▸ **Task brief**: Retype the line containing "use std::alloc::Global;" and each later line through the end of the listing, exactly as written, with no other lines.

▸ **Task inputs**:
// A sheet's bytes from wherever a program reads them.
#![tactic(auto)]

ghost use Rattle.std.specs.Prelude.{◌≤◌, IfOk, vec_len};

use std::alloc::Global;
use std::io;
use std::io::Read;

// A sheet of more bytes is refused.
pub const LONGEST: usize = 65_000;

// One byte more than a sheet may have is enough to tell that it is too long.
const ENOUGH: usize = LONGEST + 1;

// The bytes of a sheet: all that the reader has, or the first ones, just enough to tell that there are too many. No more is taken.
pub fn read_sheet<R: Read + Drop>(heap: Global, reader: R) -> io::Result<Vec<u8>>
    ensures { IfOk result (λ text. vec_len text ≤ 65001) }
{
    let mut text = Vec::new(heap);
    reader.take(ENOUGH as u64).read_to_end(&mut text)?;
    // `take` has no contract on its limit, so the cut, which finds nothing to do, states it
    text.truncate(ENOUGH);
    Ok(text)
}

▸ **Reply**:
use std::alloc::Global;
use std::io;
use std::io::Read;

// A sheet of more bytes is refused.
pub const LONGEST: usize = 65_000;

// One byte more than a sheet may have is enough to tell that it is too long.
const ENOUGH: usize = LONGEST + 1;

// The bytes of a sheet: all that the reader has, or the first ones, just enough to tell that there are too many. No more is taken.
pub fn read_sheet<R: Read + Drop>(heap: Global, reader: R) -> io::Result<Vec<u8>>
    ensures { IfOk result (λ text. vec_len text ≤ 65001) }
{
    let mut text = Vec::new(heap);
    reader.take(ENOUGH as u64).read_to_end(&mut text)?;
    // `take` has no contract on its limit, so the cut, which finds nothing to do, states it
    text.truncate(ENOUGH);
    Ok(text)
}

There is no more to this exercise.